O cenário que se desenrola — no qual o camião virtual percorre o mesmo trecho da estrada que o camião real percorreu — deve corresponder quase exatamente ao mundo real. A Waabi então mede o quanto a simulação desvia-se do que realmente aconteceu no mundo físico.
Nenhum simulador é capaz de recriar as interações complexas do mundo real por muito tempo. Por isso, a Waabi extrai trechos da linha do tempo a cada 20 segundos, aproximadamente. Em seguida, roda milhares desses trechos, expondo o sistema a diversos cenários, como mudanças de faixa, frenagens bruscas, tráfego em sentido contrário, entre outros.
A Waabi afirma que o Waabi World tem 99,7% de precisão. Urtasun explica o que isso significa: “Imagine um camião a conduzir numa autoestrada a 30 metros por segundo,” diz ela. “Quando ele avança 30 metros, conseguimos prever onde tudo estará com uma margem de 10 centímetros.”
A Waabi pretende usar a sua simulação para comprovar a segurança do sistema ao buscar autorização dos reguladores para remover os condutores humanos dos seus camiões ainda este ano. “É uma parte muito importante das evidências,” diz Urtasun. “Não é a única evidência. Temos todo o material tradicional exigido pelos Departamentos de Trânsito, além dos padrões da indústria. Mas queremos elevar esses padrões a um novo patamar.”
“Uma correspondência de 99,7% na trajetória é um resultado robusto,” afirma Jamie Shotton, cientista-chefe da startup de carros autônomos Wayve. Mas ele observa que a Waabi não divulgou nenhum detalhe técnico além da publicação no blog anunciando o trabalho. “Sem os detalhes técnicos, a relevância disto ainda é incerta,” diz.

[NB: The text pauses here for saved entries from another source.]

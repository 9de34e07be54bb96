//! Where a client begins.

ghost use Rattle.std.specs.Prelude.{◌≡◌, ◌<◌, find, length, nat_lt, IfOk, IfSome, Some};
ghost use Rattle.chain_model.specs.Finality.{ancestry_of};
ghost use Rattle.chain_model.specs.Places.{opening as opening_in};
ghost use Rattle.chain_model.specs.Steps.{ref_of};
ghost use Rattle.block_tree.specs.Places.{slip_of};

use crate::chunks::reference;
use crate::db::ForkDb;
use block_record::Slip;
use block_tree::BlockTree;
use chain_model::Place;
use link_rows::Uncounted;
use std::alloc::AllocError;

impl ForkDb {
    /// The place of a client that begins at this number: the last final block with a lower number,
    /// as end and as lib, or none of both.
    pub fn opening(&self, start: u64) -> Result<Place, AllocError>
        ensures { IfOk result (λ p. p ≡ opening_in self.now.history start) }
    {
        match last_below(&self.tree, self.final_tip(), start) {
            Some(at) => {
                let place = place_at(self.tree.slip(at))?;
                Ok(place)
            }
            None => Ok(Place {
                end: None,
                lib: None,
            }),
        }
    }
}

/// The last block of the path of a block with a number below the start.
fn last_below(tree: &BlockTree, at: Option<usize>, start: u64) -> Option<usize>
    ensures value { slip_of tree.now.history result ≡ find (λ s. nat_lt s.num start)
        (ancestry_of tree.now.history (slip_of tree.now.history at)) }
    ensures range { IfSome result (λ p. p < length tree.now.history) }
{
    let at = at?;
    if start == 0 {
        return None;
    }
    if at >= tree.len() {
        return None;
    }
    tree.last_up_to(at, start - 1, &mut Uncounted)
}

/// The place of a client that knows the block and all before it to be final.
fn place_at(block: &Slip) -> Result<Place, AllocError>
    ensures end { IfOk result (λ p. p.end ≡ Some (ref_of block.now)) }
    ensures lib { IfOk result (λ p. p.lib ≡ Some (ref_of block.now)) }
{
    Ok(Place {
        end: Some(reference(block)?),
        lib: Some(reference(block)?),
    })
}
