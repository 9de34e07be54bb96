//! A source of blocks that reads on where it stopped.

ghost use Rattle.std.specs.Prelude.{◌≡◌, ◌≤◌, IfOk, IfErr, IfSome};
ghost use Rattle.block_record.specs.Slips.{slip as slip_of};
ghost use Rattle.file_source.specs.Sources.{FetchRefused};
ghost use Rattle.file_source.specs.Steps.{IsReadCause};

use crate::places::{find, is_asked};
use crate::search::next_block;
use block_record::{Block, Slip};
use file_reader::FileReader;
use one_block::StoreFault;
use outer_world::Shelf;
use std::alloc::Global;

/// Gives blocks of a shelf, and reads a run of blocks that stand one after another in one file once.
#[derive(Drop)]
pub struct BlockSource {
    /// The file of the block that was given last, read to after that block.
    file: Option<FileReader>,
}

impl BlockSource {
    /// A source that has read nothing.
    pub fn new() -> BlockSource {
        BlockSource { file: None }
    }

    /// The block with this slip: the next one in the file of the block before, where it is that one,
    /// and else as `fetch` gives it. Only a call of the shelf that fails, or want of memory, keeps it
    /// from looking further after that file.
    pub fn fetch_next<S: Shelf>(
        &mut self,
        alloc: Global,
        shelf: &mut S,
        slip: &Slip,
    ) -> Result<Block, StoreFault>
        ensures asked { IfOk result (λ block. slip_of block ≡ slip.now) }
        ensures refused { IfErr result (FetchRefused (S.files shelf.old) slip.now
            (S.shelf_faults shelf.old) (S.shelf_faults shelf.new)) }
        ensures files { S.files shelf.new ≡ S.files shelf.old }
        ensures staged { S.staged shelf.new ≡ S.staged shelf.old }
        ensures later { S.shelf_faults shelf.old ≤ S.shelf_faults shelf.new }
    {
        if let Some(block) = self.read_on(alloc, shelf, slip)? {
            return Ok(block);
        }
        let (block, file) = find(alloc, shelf, slip)?;
        self.file = Some(file);
        Ok(block)
    }

    /// The block with this slip, where it is the next one of the file that is kept. The file is given
    /// up where it is not.
    fn read_on<S: Shelf>(
        &mut self,
        alloc: Global,
        shelf: &mut S,
        slip: &Slip,
    ) -> Result<Option<Block>, StoreFault>
        ensures asked { IfOk result (λ found. IfSome found (λ block. slip_of block ≡ slip.now)) }
        ensures cause { IfErr result (IsReadCause (S.shelf_faults shelf.old) (S.shelf_faults shelf.new)) }
        ensures files { S.files shelf.new ≡ S.files shelf.old }
        ensures staged { S.staged shelf.new ≡ S.staged shelf.old }
        ensures later { S.shelf_faults shelf.old ≤ S.shelf_faults shelf.new }
    {
        let Some(mut file) = self.file.take() else {
            return Ok(None);
        };
        match next_block(alloc, shelf, &mut file) {
            Ok(Some(block)) if is_asked(&block, slip) => {
                file.advance();
                self.file = Some(file);
                Ok(Some(block))
            }
            Ok(_) | Err(StoreFault::ShelfBad { .. }) => Ok(None),
            Err(fault) => Err(fault),
        }
    }
}
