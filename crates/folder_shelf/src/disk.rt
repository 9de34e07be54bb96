//! Folders that are made, and changes of a folder that are kept.

use std::fs::{Files, OpenFile};
use std::path::Path;
use std::{fs, io};

/// Brings the changes of a folder to the disk: the files that were put into it or taken away. A folder
/// that is not there has none.
pub(crate) fn flush_folder<R: Files>(rt: &R, folder: &str) -> io::Result<()> {
    match fs::open(rt, folder) {
        Ok(handle) => handle.sync_all(),
        Err(error) if error.kind() == io::ErrorKind::NotFound => Ok(()),
        Err(error) => Err(error),
    }
}

/// Makes a folder where it is not there, and brings it to the disk. The folder that it stands in has to
/// be there.
pub(crate) fn make_folder<R: Files>(rt: &R, folder: &str) -> io::Result<()> {
    match fs::create_dir(rt, folder) {
        Ok(()) => flush_folder(rt, parent_of(folder)),
        Err(error) if error.kind() == io::ErrorKind::AlreadyExists => Ok(()),
        Err(error) => Err(error),
    }
}

/// The path of a shelf's folder: an empty one is the current folder.
pub(crate) fn root_of(path: &str) -> &str {
    if path.is_empty() { "." } else { path }
}

/// The folder that this one stands in.
pub(crate) fn parent_of(folder: &str) -> &str {
    match Path::new(folder).parent() {
        Some(parent) if !parent.as_str().is_empty() => parent.as_str(),
        _ => ".",
    }
}
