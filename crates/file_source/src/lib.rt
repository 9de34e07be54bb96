//! Blocks from the files of a shelf, each by its slip.
#![tactic(auto)]

mod places;
mod search;
mod source;

pub use places::fetch;
pub use search::next_block;
pub use source::BlockSource;
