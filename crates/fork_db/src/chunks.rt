//! The steps of a batch, each found by its index.

ghost use Rattle.std.specs.Prelude.{◌≡◌, ◌<◌, ◌^◌, ℕ, ◌≤◌, ◌+◌, ◌++◌, ◌-◌, List, length, reverse, drop, map, take, OnErr, OnOk, IfOk, IfSome, Some, Option, option_and_then};
ghost use Rattle.std.specs.List.{slice_get, AllByRecursion};
ghost use Rattle.std.specs.Option.{option_map, option_or};
ghost use Rattle.block_record.specs.declared.blocks.Slip.{Slip as SlipOf};
ghost use Rattle.chain_model.specs.declared.places.Mode.{Mode as ModeOf};
ghost use Rattle.chain_model.specs.Ancestry.{IsHistory};
ghost use Rattle.chain_model.specs.Finality.{ancestry_of};
ghost use Rattle.chain_model.specs.Steps.{parent_of, ref_of, steps_of};
ghost use Rattle.chain_model.specs.Places.{place_along, place_to, steps_to};
ghost use Rattle.block_tree.specs.Places.{slip_at, slip_of};
ghost use Rattle.fork_db.specs.Batches.{HasOwnBlock, HoldsWhatIs, IsGiven, WasGiven, added_kind, item_seen, step_seen, step_total};

use crate::batches::{Batch, step_count};
use crate::db::ForkDb;
use block_record::{Block, BlockRef, Slip, copy_slip};
use block_tree::BlockTree;
use chain_model::{Place, Step};
use link_rows::Uncounted;
use std::alloc::AllocError;
use std::sync::Arc;

/// A step of a batch, with its block by the block's place in the history.
#[derive(Clone, Copy)]
pub struct StepAt {
    pub step: Step,
    pub at: usize,
}

/// A step of a batch, with its block and the place after it.
#[derive(Drop)]
pub struct StepItem {
    pub step: Step,
    pub slip: Slip,
    /// The block with its payload, where it is still held.
    pub held: Option<Arc<Block>>,
    pub place: Place,
}

impl ForkDb {
    /// How many steps a batch has.
    pub fn step_count(&self, batch: &Batch) -> u64
        requires { WasGiven self.now.history batch.now }
        ensures { (older : List SlipOf) (mode : ModeOf) (stop : Option ℕ)
            → IsGiven self.now.history older mode stop batch.now
            → result ≡ length (steps_of older batch.now.place mode stop) }
    {
        count_in(&self.tree, batch)
    }

    /// The step at an index of a batch, with its block's place. None past the last step. The history
    /// may have grown since the batch was given. It takes no memory.
    pub fn step_at(&self, batch: &Batch, index: u64) -> Option<StepAt>
        requires { WasGiven self.now.history batch.now }
        ensures value { (older : List SlipOf) (mode : ModeOf) (stop : Option ℕ)
            → IsGiven self.now.history older mode stop batch.now
            → option_and_then (step_seen self.now.history) result
            ≡ slice_get (steps_of older batch.now.place mode stop) index }
        ensures range { IfSome result (λ x. x.at < length self.now.history) }
    {
        if index < count_in(&self.tree, batch) {
            return Some(step_in(&self.tree, batch, index));
        }
        None
    }

    /// The place after the first `count` steps of a batch, and after all of them where there are
    /// fewer.
    pub fn place_after(&self, batch: &Batch, count: u64) -> Result<Place, AllocError>
        requires { WasGiven self.now.history batch.now }
        ensures { (older : List SlipOf) (mode : ModeOf) (stop : Option ℕ)
            → IsGiven self.now.history older mode stop batch.now
            → IfOk result (λ p. p ≡ place_along batch.now.place
            (take count (steps_of older batch.now.place mode stop))) }
    {
        let taken = count.min(count_in(&self.tree, batch));
        let end = or_copy(new_end(&self.tree, batch, taken)?, &batch.place.end)?;
        let lib = or_copy(new_lib(&self.tree, batch, taken)?, &batch.place.lib)?;
        Ok(Place { end, lib })
    }

    /// The place after all steps of a batch, which is used up: what stays of its place is moved.
    pub fn place_after_all(&self, batch: Batch) -> Result<Place, AllocError>
        requires { WasGiven self.now.history batch }
        ensures { (older : List SlipOf) (mode : ModeOf) (stop : Option ℕ)
            → IsGiven self.now.history older mode stop batch
            → IfOk result (λ p. p ≡ place_to older batch.place mode stop) }
    {
        let total = count_in(&self.tree, &batch);
        let end = new_end(&self.tree, &batch, total)?;
        let lib = new_lib(&self.tree, &batch, total)?;
        Ok(Place {
            end: end.or(batch.place.end),
            lib: lib.or(batch.place.lib),
        })
    }

    /// Appends the steps of a batch from an index, at most `max`, each with its slip, its block where
    /// it is still held, and the place after it: none where the index is at or past their end. The
    /// history may have grown since the batch was given. At an error `out` is as it was.
    pub fn chunk(
        &self,
        batch: &Batch,
        from: u64,
        max: u32,
        out: &mut Vec<StepItem>,
    ) -> Result<(), AllocError>
        requires { WasGiven self.now.history batch.now }
        ensures ok { (older : List SlipOf) (mode : ModeOf) (stop : Option ℕ)
            → IsGiven self.now.history older mode stop batch.now
            → OnOk result (map item_seen out.new.items ≡ map item_seen out.old.items
            ++ take max (drop from (steps_to older batch.now.place mode stop))) }
        ensures holds { OnOk result (AllByRecursion (HoldsWhatIs self.now.history self.now.held)
            (drop (length out.old.items) out.new.items)) }
        ensures own { OnOk result (AllByRecursion HasOwnBlock
            (drop (length out.old.items) out.new.items)) }
        ensures err { OnErr result (out.new.items ≡ out.old.items) }
    {
        let kept = out.len();
        let end = count_in(&self.tree, batch).min(from.saturating_add(u64::from(max)));
        let pushed = self.push_range(batch, from, end, out);
        if pushed.is_err() {
            out.truncate(kept);
        }
        pushed
    }

    /// The step at an index that is below the number of the steps, with its block and its place.
    fn item_at(&self, batch: &Batch, index: u64) -> Result<StepItem, AllocError>
        requires given { WasGiven self.now.history batch.now }
        requires range { index < step_total batch.now }
        requires small { index + 1 < 2 ^ 64 }
        ensures step { (older : List SlipOf) (mode : ModeOf) (stop : Option ℕ)
            → IsGiven self.now.history older mode stop batch.now
            → IfOk result (λ x. slice_get (steps_to older batch.now.place mode stop) index
            ≡ Some (item_seen x)) }
        ensures holds { IfOk result (HoldsWhatIs self.now.history self.now.held) }
        ensures own { IfOk result HasOwnBlock }
    {
        let found = step_in(&self.tree, batch, index);
        let slip = copy_slip(self.tree.slip(found.at))?;
        let place = self.place_after(batch, index + 1)?;
        let shared = self.held.share(found.at)?;
        Ok(StepItem {
            step: found.step,
            slip,
            held: shared,
            place,
        })
    }

    /// Appends the steps from one index up to another.
    fn push_range(
        &self,
        batch: &Batch,
        from: u64,
        end: u64,
        out: &mut Vec<StepItem>,
    ) -> Result<(), AllocError>
        requires given { WasGiven self.now.history batch.now }
        requires range { end ≤ step_total batch.now }
        ensures ok { (older : List SlipOf) (mode : ModeOf) (stop : Option ℕ)
            → IsGiven self.now.history older mode stop batch.now
            → OnOk result (map item_seen out.new.items ≡ map item_seen out.old.items
            ++ take (end - from) (drop from (steps_to older batch.now.place mode stop))) }
        ensures holds { AllByRecursion (HoldsWhatIs self.now.history self.now.held)
            (drop (length out.old.items) out.new.items) }
        ensures own { AllByRecursion HasOwnBlock (drop (length out.old.items) out.new.items) }
        ensures kept { take (length out.old.items) out.new.items ≡ out.old.items }
    {
        for index in from..end {
            let item = self.item_at(batch, index)?;
            out.push(item)?;
        }
        Ok(())
    }
}

/// The block at a depth of the path of a block.
fn block_at(tree: &BlockTree, last: Option<usize>, depth: u64) -> usize
    requires { depth < length (ancestry_of tree.now.history (slip_of tree.now.history last)) }
    ensures value { slip_at tree.now.history result ≡ slice_get
        (reverse (ancestry_of tree.now.history (slip_of tree.now.history last))) depth }
    ensures range { result < length tree.now.history }
{
    let at = last.unwrap();
    tree.up(at, depth, &mut Uncounted).unwrap()
}

/// The step at an index that is below the number of the steps.
fn step_in(tree: &BlockTree, batch: &Batch, index: u64) -> StepAt
    requires given { WasGiven tree.now.history batch.now }
    requires range { index < step_total batch.now }
    ensures value { (older : List SlipOf) (mode : ModeOf) (stop : Option ℕ)
        → IsGiven tree.now.history older mode stop batch.now
        → step_seen tree.now.history result
        ≡ slice_get (steps_of older batch.now.place mode stop) index }
    ensures range { result.at < length tree.now.history }
{
    let len = tree.len() as u64;
    prove!(batch.held <= len);
    if index < batch.undos {
        return StepAt {
            step: Step::Undo,
            at: block_at(tree, batch.end, batch.held - 1 - index),
        };
    }
    let index = index - batch.undos;
    if index < batch.finals {
        return StepAt {
            step: Step::Final,
            at: block_at(tree, batch.target, batch.known + index),
        };
    }
    let index = index - batch.finals;
    StepAt {
        step: added_step(index < batch.newfinals),
        at: block_at(tree, batch.target, batch.held - batch.undos + index),
    }
}

/// What a step does that adds a block.
fn added_step(is_final: bool) -> Step
    ensures { result ≡ added_kind is_final }
{
    if is_final { Step::NewFinal } else { Step::New }
}

/// How many steps a batch of the tree has: a history is short, so their number fits.
fn count_in(tree: &BlockTree, batch: &Batch) -> u64
    requires given { WasGiven tree.now.history batch.now }
    ensures total { result ≡ step_total batch.now }
    ensures sound { IsHistory tree.now.history }
{
    let len = tree.len() as u64;
    prove!(batch.seen <= len);
    step_count(batch)
}

/// The block of the step at an index that is below the number of the steps.
fn step_slip<'a>(tree: &'a BlockTree, batch: &Batch, index: u64) -> &'a Slip
    requires given { WasGiven tree.now.history batch.now }
    requires range { index < step_total batch.now }
    ensures { (older : List SlipOf) (mode : ModeOf) (stop : Option ℕ)
        → IsGiven tree.now.history older mode stop batch.now
        → option_map (λ x. x.slip) (slice_get (steps_of older batch.now.place mode stop) index)
        ≡ Some result.now }
{
    tree.slip(step_in(tree, batch, index).at)
}

/// The last block that the client has after some steps, where it is another: that of the last new
/// one, else the parent of the last one that was taken back.
fn new_end(tree: &BlockTree, batch: &Batch, taken: u64) -> Result<Option<BlockRef>, AllocError>
    requires sound { IsHistory tree.now.history }
    requires given { WasGiven tree.now.history batch.now }
    requires range { taken ≤ step_total batch.now }
    requires small { step_total batch.now < 2 ^ 64 }
    ensures { (older : List SlipOf) (mode : ModeOf) (stop : Option ℕ)
        → IsGiven tree.now.history older mode stop batch.now
        → IfOk result (λ r. option_or r batch.now.place.end ≡ (place_along batch.now.place
        (take taken (steps_of older batch.now.place mode stop))).end) }
{
    let undone = taken.min(batch.undos);
    if taken > batch.undos + batch.finals {
        let last = reference(step_slip(tree, batch, taken - 1))?;
        return Ok(Some(last));
    }
    if undone > 0 {
        let last = parent_reference(step_slip(tree, batch, undone - 1))?;
        return Ok(Some(last));
    }
    Ok(None)
}

/// The last block that the client knows to be final after some steps, where it is another.
fn new_lib(tree: &BlockTree, batch: &Batch, taken: u64) -> Result<Option<BlockRef>, AllocError>
    requires sound { IsHistory tree.now.history }
    requires given { WasGiven tree.now.history batch.now }
    requires range { taken ≤ step_total batch.now }
    requires small { step_total batch.now < 2 ^ 64 }
    ensures { (older : List SlipOf) (mode : ModeOf) (stop : Option ℕ)
        → IsGiven tree.now.history older mode stop batch.now
        → IfOk result (λ r. option_or r batch.now.place.lib ≡ (place_along batch.now.place
        (take taken (steps_of older batch.now.place mode stop))).lib) }
{
    let marked = taken.min(batch.undos + batch.finals + batch.newfinals);
    if marked > batch.undos {
        let last = reference(step_slip(tree, batch, marked - 1))?;
        return Ok(Some(last));
    }
    Ok(None)
}

/// A reference, or a copy of another where there is none.
fn or_copy(
    block: Option<BlockRef>,
    other: &Option<BlockRef>,
) -> Result<Option<BlockRef>, AllocError>
    ensures { IfOk result (λ r. r ≡ option_or block other.now) }
{
    if block.is_some() {
        return Ok(block);
    }
    copy_of(other)
}

/// A block by number and id.
pub fn reference(block: &Slip) -> Result<BlockRef, AllocError>
    ensures { IfOk result (λ r. r ≡ ref_of block.now) }
{
    Ok(BlockRef {
        num: block.num,
        id: block.id.clone()?,
    })
}

/// The parent by number and id, as the block names it.
fn parent_reference(block: &Slip) -> Result<BlockRef, AllocError>
    ensures { IfOk result (λ r. r ≡ parent_of block.now) }
{
    Ok(BlockRef {
        num: block.parent_num,
        id: block.parent_id.clone()?,
    })
}

/// A copy of a reference.
fn copy_of(block: &Option<BlockRef>) -> Result<Option<BlockRef>, AllocError>
    ensures { IfOk result (λ r. r ≡ block.now) }
{
    let block = block.clone()?;
    Ok(block)
}
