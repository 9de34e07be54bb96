//! A file searched for the block with an id.

ghost use Rattle.std.specs.Prelude.{◌≡◌, ◌≤◌, List, ℕ, Option, Some, [], IfErr, IsTrue};
ghost use Rattle.outer_world.specs.Files.{Files};
ghost use Rattle.outer_world.specs.Shelves.{HasSize};
ghost use Rattle.file_reader.specs.Reading.{HasRead};
ghost use Rattle.file_source.specs.Steps.{IsBadAt, IsCausedBy, NextAnswers, SearchAnswers};

use block_record::{Block, Id, RecordFault};
use file_reader::FileReader;
use one_block::{StoreFault, fault_place, read_record};
use outer_world::{FileName, Shelf};
use std::alloc::{AllocError, Global};

/// The first block with this id in a file that is there, of which nothing was read. The reader then
/// stands after it.
pub fn first_under<S: Shelf>(
    alloc: Global,
    shelf: &mut S,
    file: &mut FileReader,
    id: &Id,
) -> Result<Option<Block>, StoreFault>
    requires unread { HasRead (S.files shelf.old) file.old [] [] }
    requires there { (size : ℕ) × HasSize (S.files shelf.old) file.old.name (Some size) }
    ensures answer { SearchAnswers (S.files shelf.old) file.old.name id.now
        (S.shelf_faults shelf.old) (S.shelf_faults shelf.new) result }
    ensures files { S.files shelf.new ≡ S.files shelf.old }
    ensures staged { S.staged shelf.new ≡ S.staged shelf.old }
    ensures later { S.shelf_faults shelf.old ≤ S.shelf_faults shelf.new }
{
    while let Some(block) = next_block(alloc, shelf, file)? {
        file.advance();
        if block.id == *id {
            return Ok(Some(block));
        }
    }
    Ok(None)
}

/// The block whose record stands next in the file, or none where the file has ended whole. The record
/// is not passed over.
pub fn next_block<S: Shelf>(
    alloc: Global,
    shelf: &mut S,
    file: &mut FileReader,
) -> Result<Option<Block>, StoreFault>
    ensures answer { (front : List ℕ) (given : List (List ℕ))
        → HasRead (S.files shelf.old) file.old front given
        → NextAnswers (S.files shelf.old) file.new given result }
    ensures name { file.new.name ≡ file.old.name }
    ensures files { S.files shelf.new ≡ S.files shelf.old }
    ensures staged { S.staged shelf.new ≡ S.staged shelf.old }
    ensures later { S.shelf_faults shelf.old ≤ S.shelf_faults shelf.new }
    ensures cause { IfErr result (IsCausedBy (S.shelf_faults shelf.old) (S.shelf_faults shelf.new)) }
{
    file.fill(shelf)?;
    block_at(alloc, file)
}

/// The same of a reader at which a message stands, or no more is read.
fn block_at(alloc: Global, file: &FileReader) -> Result<Option<Block>, StoreFault>
    ensures answer { (files : Option Files) (front : List ℕ) (given : List (List ℕ))
        → HasRead files file.now front given → (file.now.left ≡ [] → IsTrue file.now.over)
        → NextAnswers files file.now given result }
    ensures cause { IfErr result (IsCausedBy 0 0) }
{
    let Some(message) = file.message() else {
        return match file.fault() {
            Some(fault) => Err(bad_at(alloc, file.name(), fault_place(fault))),
            None => Ok(None),
        };
    };
    match read_record(alloc, message.as_bytes()) {
        Ok(block) => Ok(Some(block)),
        Err(RecordFault::BadRecord { at }) => {
            let place = file.place().saturating_add(4).saturating_add(at as u64);
            Err(bad_at(alloc, file.name(), place))
        }
        Err(RecordFault::Mem) => Err(StoreFault::Mem),
    }
}

/// The file of this name is bad at this place.
fn bad_at(alloc: Global, name: &FileName, at: u64) -> StoreFault
    ensures { IsBadAt name.now at result }
{
    match FileName::new(alloc, name.as_bytes()) {
        Ok(name) => StoreFault::ShelfBad { name, at },
        Err(AllocError) => StoreFault::Mem,
    }
}
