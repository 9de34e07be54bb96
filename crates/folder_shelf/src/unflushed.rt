//! Folders with changes that may not be on the disk yet.

use crate::disk::flush_folder;
use std::alloc::{AllocError, Global};
use std::fs::Files;
use std::io;

/// The paths of folders that files were put into or taken from since the folder was flushed.
#[derive(Drop)]
pub(crate) struct Unflushed {
    folders: Vec<String>,
}

impl Unflushed {
    pub(crate) fn new(alloc: Global) -> Self {
        Unflushed {
            folders: Vec::new(alloc),
        }
    }

    /// Adds a folder, once.
    pub(crate) fn note(&mut self, folder: &String) -> Result<(), AllocError> {
        if !self.folders.contains(folder) {
            self.folders.push(folder.clone()?)?;
        }
        Ok(())
    }

    /// Brings the changes of all these folders to the disk.
    pub(crate) fn flush<R: Files>(&mut self, rt: &R) -> io::Result<()> {
        for folder in &self.folders {
            flush_folder(rt, folder.as_str())?;
        }
        self.folders.clear();
        Ok(())
    }
}
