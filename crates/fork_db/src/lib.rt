//! A history with forks: what may come next, what is final, the head, and the steps to it.
#![tactic(auto)]

mod batches;
mod chunks;
mod claims;
mod db;
mod heads;
mod held;
mod openings;

pub use batches::{Batch, copy_place};
pub use chunks::{StepAt, StepItem};
pub use claims::{ChildFault, Linked};
pub use db::{ForkDb, ForkFault, Verdict};
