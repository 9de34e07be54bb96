//! The shelf over a folder of the disk, and the lock that keeps the folder for one process.
#![tactic(auto)]

mod disk;
mod faults;
mod folder;
mod folder_lock;
mod names;
mod open_file;
mod places;
mod shelf;
mod stage_file;
mod unflushed;

pub use folder_lock::{FolderLock, LockFail};
pub use shelf::FolderShelf;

Shotton afirma que a Wayve prefere uma combinação de testes no mundo real e simulações virtuais. “O nosso objetivo não é apenas replicar o comportamento da direção do passado, mas criar ambientes de teste e treinos mais ricos e desafiadores que ampliem as capacidades dos veículos autônomos,” diz. “É aí que o teste no mundo real continua a ter valor crucial, expondo o sistema a interações espontâneas e complexas que a simulação, por si só, talvez não consiga reproduzir totalmente.”
Ainda assim, Urtasun acredita que a abordagem da Waabi será essencial para o sucesso em larga escala da indústria de veículos autônomos. “Isto resolve uma das grandes lacunas que temos hoje,” afirma. “É um chamado à ação no sentido de, — mostrar os seus números. É hora de haver responsabilidade em toda a indústria.”